* **TASK DIRECTIONS**
Your task is to output every record exactly as it is given.

[Data entries]
* * * *

// The operations of the first form, by their numbers: 0 union, 1 what is common, 2 difference and 3 difference with full halves left apart. A source is given by a number and the string that it
// is below.
ghost use Rattle.std.specs.Prelude.{◌≡◌, [], ℕ, ◌+◌, length};
ghost use Rattle.nets.specs.Bits.{Bits};
ghost use Rattle.nets.specs.Tries.{Trie};
ghost use Rattle.nets.specs.TrieOps.{kind_of, verdict, half};
ghost use Rattle.nets.specs.Networks.{net_from};
ghost use Rattle.trie_emit.specs.Combine.{op_of, op_on, rank};
ghost use Rattle.trie_paths.specs.Spans.{snoc};
ghost use Rattle.branch_points.specs.KeptTries.{kept_size};
ghost use Rattle.nodes.specs.Words.{put};
ghost use Rattle.kept_nodes.specs.Parse.{KeptRoom};
ghost use Rattle.kept_nodes.specs.Words.{kept_enc, spot};
ghost use Rattle.kept_sources.specs.Sources.{KeptMeans};
ghost use Rattle.kept_emit.specs.Answers.{answer, Emits};
ghost use Rattle.kept_emit.specs.Combine.{Inputs, KeptGap};

use crate::emitting::{answer_over, finish, settle, size_of};
use kept_reading::strings::child;
use kept_sources::{kind, piece};
use nets::Net;
use trie_emit::combining::{EMPTY, FULL, Pair, settled};
use trie_emit::emitting::Emitted;
use trie_paths::halves::whole;

// What the operation makes of the kinds of what two numbers mean below a string of d bits, where that settles it.
pub fn outcome(
    w: &[u32],
    family: u8,
    b: usize,
    n: u32,
    op: usize,
    a: usize,
    c: usize,
    d: u8,
) -> usize
    requires { KeptRoom family w.now b n × ((o : ℕ) × (g : ℕ) × (p : Bits) × (t : Trie) × (u : Trie) × (length p ≡ d) × KeptMeans family w.now b n o g p a t × KeptMeans family w.now b n o g p c u) }
    ensures { (o g : ℕ) (p : Bits) (t u : Trie) → length p ≡ d → KeptMeans family w.now b n o g p a t → KeptMeans family w.now b n o g p c u
        → result ≡ rank (verdict (op_of op) (kind_of t) (kind_of u)) }
{
    let x = kind(w, family, b, n, a, d);
    let y = kind(w, family, b, n, c, d);
    settled(op, x, y)
}

// The numbers of the halves of two.
pub fn halves(
    w: &[u32],
    family: u8,
    b: usize,
    n: u32,
    a: usize,
    c: usize,
    d: u8,
    second: bool,
) -> Pair
    requires { KeptRoom family w.now b n × ((o : ℕ) × (g : ℕ) × (p : Bits) × (t : Trie) × (u : Trie) × (length p ≡ d) × KeptMeans family w.now b n o g p a t × KeptMeans family w.now b n o g p c u) }
    ensures { (o g : ℕ) (p : Bits) (t u : Trie) → length p ≡ d → KeptMeans family w.now b n o g p a t → KeptMeans family w.now b n o g p c u
        → KeptMeans family w.now b n o g (snoc p second) result.a (half second t) × KeptMeans family w.now b n o g (snoc p second) result.c (half second u) }
{
    Pair {
        a: piece(w, family, b, n, a, d, second),
        c: piece(w, family, b, n, c, d, second),
    }
}

// What emit answers, with nothing written.
pub fn foresee(
    w: &[u32],
    family: u8,
    b: usize,
    n: u32,
    op: usize,
    a: usize,
    c: usize,
    d: u8,
    fuel: usize,
) -> Emitted
    requires { (o : ℕ) × (e : ℕ) × (p : Bits) × (t : Trie) × (u : Trie) × (length p ≡ d) × Inputs family w.now b n a c o e p fuel t u }
    ensures { (o e : ℕ) (p : Bits) (t u : Trie) → length p ≡ d → Inputs family w.now b n a c o e p fuel t u → result ≡ answer (op_on op fuel t u) }
{
    let v = outcome(w, family, b, n, op, a, c, d);
    if v == EMPTY {
        return Emitted::Empty;
    }
    if v == FULL {
        return Emitted::Full;
    }
    let p = halves(w, family, b, n, a, c, d, false);
    let q = halves(w, family, b, n, a, c, d, true);
    let l = foresee(w, family, b, n, op, p.a, p.c, d + 1, fuel - 1);
    let r = foresee(w, family, b, n, op, q.a, q.c, d + 1, fuel - 1);
    answer_over(op != 3, l, r)
}

// The nodes of the result of two whole tries.
pub fn op_size(
    w: &[u32],
    family: u8,
    b: usize,
    n: u32,
    op: usize,
    a: usize,
    c: usize,
    fuel: usize,
) -> usize
    requires { (o : ℕ) × (e : ℕ) × (t : Trie) × (u : Trie) × Inputs family w.now b n a c o e [] fuel t u }
    ensures { (o e : ℕ) (t u : Trie) → Inputs family w.now b n a c o e [] fuel t u → result ≡ kept_size (op_on op fuel t u) }
{
    let x = foresee(w, family, b, n, op, a, c, 0, fuel);
    size_of(x)
}

// Writes the result below the string of the network path, so that it ends before node e.
pub fn emit(
    w: &mut [u32],
    family: u8,
    b: usize,
    n: u32,
    op: usize,
    a: usize,
    c: usize,
    e: usize,
    path: Net,
    fuel: usize,
) -> Emitted
    requires { (o : ℕ) × (p : Bits) × (t : Trie) × (u : Trie) × (path ≡ net_from family p) × Inputs family w.old b n a c o e p fuel t u × KeptGap n o e (op_on op fuel t u) }
    ensures { (o : ℕ) (p : Bits) (t u : Trie) → path ≡ net_from family p → Inputs family w.old b n a c o e p fuel t u → KeptGap n o e (op_on op fuel t u)
        → Emits family w.old w.new b p e result (op_on op fuel t u) }
{
    let d = path.len;
    let v = outcome(w, family, b, n, op, a, c, d);
    if v == EMPTY {
        return Emitted::Empty;
    }
    if v == FULL {
        return Emitted::Full;
    }
    let p = halves(w, family, b, n, a, c, d, false);
    let q = halves(w, family, b, n, a, c, d, true);
    let first = child(path, false);
    let l = emit(w, family, b, n, op, p.a, p.c, e, first, fuel - 1);
    // 0 where it has no place, being a leaf that will be joined.
    let m = e.saturating_sub(size_of(l));
    let second = child(path, true);
    let r = emit(w, family, b, n, op, q.a, q.c, m, second, fuel - 1);
    finish(w, family, b, op != 3, e, l, r, path)
}

// Writes the result of two whole tries into the nodes from o up to e, which are as many as it has.
pub fn fill(
    w: &mut [u32],
    family: u8,
    b: usize,
    n: u32,
    op: usize,
    a: usize,
    c: usize,
    o: usize,
    e: usize,
    fuel: usize,
)
    requires { (t : Trie) × (u : Trie) × Inputs family w.old b n a c o e [] fuel t u × KeptGap n o e (op_on op fuel t u) × (o + kept_size (op_on op fuel t u) ≡ e) }
    ensures { (t u : Trie) → Inputs family w.old b n a c o e [] fuel t u → KeptGap n o e (op_on op fuel t u) → o + kept_size (op_on op fuel t u) ≡ e
        → w.new ≡ put w.old (spot family b o) (kept_enc family [] (op_on op fuel t u)) }
{
    let path = whole(family);
    let x = emit(w, family, b, n, op, a, c, e, path, fuel);
    settle(w, family, b, o, path, x);
}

* * * *

* **WRITTEN ANSWER**
// The operations of the first form, by their numbers: 0 union, 1 what is common, 2 difference and 3 difference with full halves left apart. A source is given by a number and the string that it
// is below.
ghost use Rattle.std.specs.Prelude.{◌≡◌, [], ℕ, ◌+◌, length};
ghost use Rattle.nets.specs.Bits.{Bits};
ghost use Rattle.nets.specs.Tries.{Trie};
ghost use Rattle.nets.specs.TrieOps.{kind_of, verdict, half};
ghost use Rattle.nets.specs.Networks.{net_from};
ghost use Rattle.trie_emit.specs.Combine.{op_of, op_on, rank};
ghost use Rattle.trie_paths.specs.Spans.{snoc};
ghost use Rattle.branch_points.specs.KeptTries.{kept_size};
ghost use Rattle.nodes.specs.Words.{put};
ghost use Rattle.kept_nodes.specs.Parse.{KeptRoom};
ghost use Rattle.kept_nodes.specs.Words.{kept_enc, spot};
ghost use Rattle.kept_sources.specs.Sources.{KeptMeans};
ghost use Rattle.kept_emit.specs.Answers.{answer, Emits};
ghost use Rattle.kept_emit.specs.Combine.{Inputs, KeptGap};

use crate::emitting::{answer_over, finish, settle, size_of};
use kept_reading::strings::child;
use kept_sources::{kind, piece};
use nets::Net;
use trie_emit::combining::{EMPTY, FULL, Pair, settled};
use trie_emit::emitting::Emitted;
use trie_paths::halves::whole;

// What the operation makes of the kinds of what two numbers mean below a string of d bits, where that settles it.
pub fn outcome(
    w: &[u32],
    family: u8,
    b: usize,
    n: u32,
    op: usize,
    a: usize,
    c: usize,
    d: u8,
) -> usize
    requires { KeptRoom family w.now b n × ((o : ℕ) × (g : ℕ) × (p : Bits) × (t : Trie) × (u : Trie) × (length p ≡ d) × KeptMeans family w.now b n o g p a t × KeptMeans family w.now b n o g p c u) }
    ensures { (o g : ℕ) (p : Bits) (t u : Trie) → length p ≡ d → KeptMeans family w.now b n o g p a t → KeptMeans family w.now b n o g p c u
        → result ≡ rank (verdict (op_of op) (kind_of t) (kind_of u)) }
{
    let x = kind(w, family, b, n, a, d);
    let y = kind(w, family, b, n, c, d);
    settled(op, x, y)
}

// The numbers of the halves of two.
pub fn halves(
    w: &[u32],
    family: u8,
    b: usize,
    n: u32,
    a: usize,
    c: usize,
    d: u8,
    second: bool,
) -> Pair
    requires { KeptRoom family w.now b n × ((o : ℕ) × (g : ℕ) × (p : Bits) × (t : Trie) × (u : Trie) × (length p ≡ d) × KeptMeans family w.now b n o g p a t × KeptMeans family w.now b n o g p c u) }
    ensures { (o g : ℕ) (p : Bits) (t u : Trie) → length p ≡ d → KeptMeans family w.now b n o g p a t → KeptMeans family w.now b n o g p c u
        → KeptMeans family w.now b n o g (snoc p second) result.a (half second t) × KeptMeans family w.now b n o g (snoc p second) result.c (half second u) }
{
    Pair {
        a: piece(w, family, b, n, a, d, second),
        c: piece(w, family, b, n, c, d, second),
    }
}

// What emit answers, with nothing written.
pub fn foresee(
    w: &[u32],
    family: u8,
    b: usize,
    n: u32,
    op: usize,
    a: usize,
    c: usize,
    d: u8,
    fuel: usize,
) -> Emitted
    requires { (o : ℕ) × (e : ℕ) × (p : Bits) × (t : Trie) × (u : Trie) × (length p ≡ d) × Inputs family w.now b n a c o e p fuel t u }
    ensures { (o e : ℕ) (p : Bits) (t u : Trie) → length p ≡ d → Inputs family w.now b n a c o e p fuel t u → result ≡ answer (op_on op fuel t u) }
{
    let v = outcome(w, family, b, n, op, a, c, d);
    if v == EMPTY {
        return Emitted::Empty;
    }
    if v == FULL {
        return Emitted::Full;
    }
    let p = halves(w, family, b, n, a, c, d, false);
    let q = halves(w, family, b, n, a, c, d, true);
    let l = foresee(w, family, b, n, op, p.a, p.c, d + 1, fuel - 1);
    let r = foresee(w, family, b, n, op, q.a, q.c, d + 1, fuel - 1);
    answer_over(op != 3, l, r)
}

// The nodes of the result of two whole tries.
pub fn op_size(
    w: &[u32],
    family: u8,
    b: usize,
    n: u32,
    op: usize,
    a: usize,
    c: usize,
    fuel: usize,
) -> usize
    requires { (o : ℕ) × (e : ℕ) × (t : Trie) × (u : Trie) × Inputs family w.now b n a c o e [] fuel t u }
    ensures { (o e : ℕ) (t u : Trie) → Inputs family w.now b n a c o e [] fuel t u → result ≡ kept_size (op_on op fuel t u) }
{
    let x = foresee(w, family, b, n, op, a, c, 0, fuel);
    size_of(x)
}

// Writes the result below the string of the network path, so that it ends before node e.
pub fn emit(
    w: &mut [u32],
    family: u8,
    b: usize,
    n: u32,
    op: usize,
    a: usize,
    c: usize,
    e: usize,
    path: Net,
    fuel: usize,
) -> Emitted
    requires { (o : ℕ) × (p : Bits) × (t : Trie) × (u : Trie) × (path ≡ net_from family p) × Inputs family w.old b n a c o e p fuel t u × KeptGap n o e (op_on op fuel t u) }
    ensures { (o : ℕ) (p : Bits) (t u : Trie) → path ≡ net_from family p → Inputs family w.old b n a c o e p fuel t u → KeptGap n o e (op_on op fuel t u)
        → Emits family w.old w.new b p e result (op_on op fuel t u) }
{
    let d = path.len;
    let v = outcome(w, family, b, n, op, a, c, d);
    if v == EMPTY {
        return Emitted::Empty;
    }
    if v == FULL {
        return Emitted::Full;
    }
    let p = halves(w, family, b, n, a, c, d, false);
    let q = halves(w, family, b, n, a, c, d, true);
    let first = child(path, false);
    let l = emit(w, family, b, n, op, p.a, p.c, e, first, fuel - 1);
    // 0 where it has no place, being a leaf that will be joined.
    let m = e.saturating_sub(size_of(l));
    let second = child(path, true);
    let r = emit(w, family, b, n, op, q.a, q.c, m, second, fuel - 1);
    finish(w, family, b, op != 3, e, l, r, path)
}

// Writes the result of two whole tries into the nodes from o up to e, which are as many as it has.
pub fn fill(
    w: &mut [u32],
    family: u8,
    b: usize,
    n: u32,
    op: usize,
    a: usize,
    c: usize,
    o: usize,
    e: usize,
    fuel: usize,
)
    requires { (t : Trie) × (u : Trie) × Inputs family w.old b n a c o e [] fuel t u × KeptGap n o e (op_on op fuel t u) × (o + kept_size (op_on op fuel t u) ≡ e) }
    ensures { (t u : Trie) → Inputs family w.old b n a c o e [] fuel t u → KeptGap n o e (op_on op fuel t u) → o + kept_size (op_on op fuel t u) ≡ e
        → w.new ≡ put w.old (spot family b o) (kept_enc family [] (op_on op fuel t u)) }
{
    let path = whole(family);
    let x = emit(w, family, b, n, op, a, c, e, path, fuel);
    settle(w, family, b, o, path, x);
}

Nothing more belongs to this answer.